Emergent Hyper-Magic Manifold in Twisted Kitaev Bilayers

TL;DR

This paper predicts a hyper-magic manifold with flat bands and localized spinon states in twisted Kitaev bilayers, suggesting new avenues for experimental exploration of quantum spin liquids.

Contribution

It introduces a mean-field model for twisted Kitaev bilayers, revealing a hyper-magic manifold with flat bands and Kagome-like localization of spinon states.

Findings

Discovery of a hyper-magic manifold with nearly flat bands

Identification of Kagome-like localization of eigenstates

Potential for experimental probing of high-density spinon states

Abstract

Kitaev quantum spin liquids have been the focus of intense research effort thanks to the discovery of various materials (e.g., RuCl3) that approximate their intriguing physics. In this paper we construct a mean-field approximation for a moir`e superlattice emerging in twisted Kitaev bilayers in terms of solutions of commensurate bilayers.

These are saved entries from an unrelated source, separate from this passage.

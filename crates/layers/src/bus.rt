ghost use Rattle.std.specs.Prelude.{◌≡◌, ℕ, ◌<◌, true, false};
ghost use Rattle.quorum.specs.Counting.{bit as is_set};
ghost use Rattle.layers.specs.Layers.{Sound, bit_from};
ghost use Rattle.std.proofs.Common.{rules};

use crate::layer::{Instance, Layer};

// A medium that all replicas read: what the sender puts on it reaches all alike.
#[derive(Clone, Copy)]
pub struct Bus;

impl Layer for Bus {
    ghost size = { λ _ _ _. 1 };

    ghost delivered = { λ _ _ _ marks sender own words _. bit_from marks sender own words 0 };

    ghost bounded = { Prim.search rules };

    ghost agreement = { Prim.search rules };

    ghost validity = { Prim.search rules };

    fn size(&self, n: usize, f: usize) -> usize {
        1
    }

    // All receivers read one bit, so all sixteen bits of the answer are alike.
    fn deliver(&self, instance: &Instance<'_>) -> u16
        ensures gets { let g = instance.now in (i : ℕ) → i < g.n → Sound g.marks i → is_set result i ≡ bit_from g.marks g.sender g.bit g.words.now 0 }
        ensures none { let g = instance.now in bit_from g.marks g.sender g.bit g.words.now 0 ≡ false → result ≡ 0 }
        ensures all { let g = instance.now in bit_from g.marks g.sender g.bit g.words.now 0 ≡ true → result ≡ 65535 }
    {
        if instance.bit_from(instance.sender, instance.bit, 0) {
            u16::MAX
        } else {
            0
        }
    }
}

We show that the band structure of deconfined spinons, defined on the mini-Brillouin zone of the superlattice, is greatly modified. The system exhibits a hyper-magic manifold: a series of nearly perfectly-flat bands appear at energies above the lowest gap, exhibiting a very large (spinon) density of states that could potentially be probed experimentally. Intriguingly, flat-band eigenstates exhibit a localization akin to wavefunctions of Kagome lattices.